Covaxin effective against Delta Plus variant, says ICMR study
India has undertaken one of the world's largest vaccination drives and so far distributed more than 430 million doses. Covaxin was given emergency use authorisation on January 3 this year
Covaxin, India's first indigenous vaccine to fight Covid-19, is effective against the Delta Plus variant of coronavirus, a study conducted by Indian Council of Medical Research (ICMR) has said, according to news agency ANI. Covaxin has been developed by Bharat Biotech, in collaboration with ICMR.
Delta Plus is a mutated form of the Delta variant, first discovered in India. It is characterised by increased transmissibility. Last week, Union Science and Technology Minister Jitendra Singh said in Parliament that 70 cases of the Delta Plus variant were found by INSACOG, a group of 28 laboratories involved in genome sequencing.

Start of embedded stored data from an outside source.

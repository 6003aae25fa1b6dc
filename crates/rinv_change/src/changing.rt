//! The change of a fraction N/D: N(g)*D - N*D(g), in the group's and then the space's variables.

ghost use Rattle.std.specs.Prelude.{◌≡◌, ◌+◌, IfOk};
ghost use Rattle.std.specs.Result.{MatchResult};
ghost use Rattle.rinv_algebra.specs.Polynomial.{past};
ghost use Rattle.rinv_defs.specs.System.{group_count, space_count};
ghost use Rattle.rinv_defs.specs.SystemForm.{IsSystem};
ghost use Rattle.rinv_ring.specs.Fault.{DegreesMeet};
ghost use Rattle.rinv_frac.specs.Fractions.{IsPart, IsStored};
ghost use Rattle.rinv_parts.specs.Points.{IsStoredIn};
ghost use Rattle.rinv_change.specs.Asked.{IsChangeRing};
ghost use Rattle.rinv_change.specs.Changes.{ChangingMeets, change_count};
ghost use Rattle.rinv_change.specs.Changing.{IsAtMoved, IsMinus, IsStoredChange, IsTimes, MovedMeets, OfStored, TimesStops};

use rinv_frac::{Frac, FracRing};
use rinv_poly::{KPoly, PolyRing};
use rinv_ring::{Gf, NoMemory, Ring, RingFault};
use rinv_sub::substitute_over_field;
use rinv_text::System;
use std::alloc::Global;

/// The ring of changes.
pub fn change_ring(system: &System) -> PolyRing<Gf>
    requires { IsSystem system.now.system }
    ensures { IsChangeRing system.now.system result.coeffs result.vars }
{
    PolyRing::new(system.field, system.group.len() + system.space.len())
}

// The polynomial at the moved point.
fn at_moved_point(
    alloc: Global,
    system: &System,
    ring: &PolyRing<Gf>,
    f: &KPoly,
) -> Result<KPoly, RingFault>
    requires ring { IsChangeRing system.now.system ring.now.coeffs ring.now.vars }
    requires polynomial { IsPart system.now.system.p (space_count system.now.system) f.now }
    ensures { MatchResult result (IsAtMoved system.now.system f.now) (DegreesMeet (MovedMeets system.now.system f.now)) }
{
    let from = PolyRing::new(system.field, system.space.len());
    substitute_over_field(&from, alloc, f, ring, &system.action)
}

// The polynomial in the space's variables behind the group's.
fn behind_group(
    alloc: Global,
    system: &System,
    ring: &PolyRing<Gf>,
    f: &KPoly,
) -> Result<KPoly, NoMemory>
    requires ring { IsChangeRing system.now.system ring.now.coeffs ring.now.vars }
    requires polynomial { IsPart system.now.system.p (space_count system.now.system) f.now }
    ensures { IfOk result (IsStoredIn system.now.system.p (change_count system.now.system) (past (group_count system.now.system) f.now)) }
{
    let from = PolyRing::new(system.field, system.space.len());
    from.behind(alloc, system.group.len(), f, ring)
}

// The product of two polynomials.
fn product(alloc: Global, ring: &PolyRing<Gf>, a: &KPoly, b: &KPoly) -> Result<KPoly, RingFault>
    requires left { IsPart ring.now.coeffs ring.now.vars a.now }
    requires right { IsPart ring.now.coeffs ring.now.vars b.now }
    ensures { OfStored ring.now.coeffs ring.now.vars a.now b.now (λ s f g. MatchResult result (IsTimes s f g) (TimesStops s f g)) }
{
    ring.mul(alloc, a, b)
}

// The difference of two polynomials.
fn difference(alloc: Global, ring: &PolyRing<Gf>, a: &KPoly, b: &KPoly) -> Result<KPoly, NoMemory>
    requires left { IsPart ring.now.coeffs ring.now.vars a.now }
    requires right { IsPart ring.now.coeffs ring.now.vars b.now }
    ensures { OfStored ring.now.coeffs ring.now.vars a.now b.now (λ s f g. IfOk result (IsMinus s f g)) }
{
    // Differences of numbers modulo a prime are refused for memory alone.
    let Ok(difference) = ring.sub(alloc, a, b) else {
        return Err(NoMemory);
    };
    Ok(difference)
}

/// The change of the fraction.
pub(crate) fn change_of(
    alloc: Global,
    system: &System,
    ring: &PolyRing<Gf>,
    f: &Frac,
) -> Result<KPoly, RingFault>
    requires ring { IsChangeRing system.now.system ring.now.coeffs ring.now.vars }
    requires fraction { IsStored system.now.system.p (space_count system.now.system) f.now }
    ensures { MatchResult result (IsStoredChange system.now.system f.now) (DegreesMeet (ChangingMeets system.now.system f.now)) }
{
    let fractions = FracRing::new(PolyRing::new(system.field, system.space.len()));
    let num = fractions.num(f);
    let den = fractions.den(f);
    let num_moved = at_moved_point(alloc, system, ring, num)?;
    let den_moved = at_moved_point(alloc, system, ring, den)?;
    let num_behind = behind_group(alloc, system, ring, num)?;
    let den_behind = behind_group(alloc, system, ring, den)?;
    let first = product(alloc, ring, &num_moved, &den_behind)?;
    let second = product(alloc, ring, &num_behind, &den_moved)?;
    let change = difference(alloc, ring, &first, &second)?;
    Ok(change)
}
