// The store over an image. Any 48 octets make one: those that no card is written as are an empty slot.
ghost use Rattle.std.specs.Prelude.{◌≡◌, None, replicate};
ghost use Rattle.card_image.specs.Meaning.{contents_in};

use crate::Tray;
use card::Card;
use card_image::{card_in, image_of};

#[derive(Clone, Copy)]
pub struct ImageStore {
    pub octets: [u8; 48],
}

// Octets that no card is written as.
fn no_card() -> [u8; 48]
    ensures octets { result ≡ replicate 48 0xff }
    ensures empty { contents_in result ≡ None }
{
    [0xff; 48]
}

impl ImageStore {
    // A store without a card.
    pub fn empty() -> ImageStore
        ensures value { contents_in result.octets ≡ None }
    {
        ImageStore { octets: no_card() }
    }
}

impl Tray for ImageStore {
    ghost slot = { λ store. contents_in store.octets };

    fn card(&self) -> Option<Card> {
        card_in(&self.octets)
    }

    fn put(&mut self, card: Option<Card>) {
        self.octets = match card {
            Some(card) => image_of(&card),
            None => no_card(),
        };
    }
}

In July, the Hyderabad-based company released data from the final analysis of Covaxin and said that it demonstrated overall efficacy of 77.8 per cent against symptomatic infection. It also said that Covaxin has now received emergency use authorisations (EUAs) in 16 countries including, Brazil, India, Philippines, Iran, Mexico, with EUAs in process in 50 countries worldwide.
India has undertaken one of the world's largest vaccination drives and so far distributed more than 430 million doses. Covaxin was given emergency use authorisation on January 3 this year by India's drugs regulator, Dr VG Somani, even though its efficacy data was still not out.
The government said in May it would make 516 million shots available by the end of July. It wants to inoculate all its estimated 944 million adults by December.
Bharat Biotech, meanwhile, said that it is in discussions with the World Health Organization (WHO) to obtain emergency use listing (EUL) for Covaxin.
All documents required for EUL have been submitted to WHO by Bharat Biotech for Covaxin as of July 9 and the review process by the agency has commenced, minister of state for Health Bharati Pravin Pawar told Rajya Sabha last week.
"The review process by WHO has commenced. WHO usually takes up to six weeks to decide on Emergency Use Listing (EUL) submissions," she said in a written reply.
The first interim analysis result released by Bharat Biotech in March showed that Covaxin had an efficacy of nearly 81 per cent. The analysis was based on 43 cases, of which 36 cases of Covid-19 were observed in the placebo group versus 7 cases observed in the BBV152 (Covaxin) group, according to Bharat Biotech.
The second interim analysis released April showed that the the vaccine's efficacy against severe Covid-19 disease was 100%.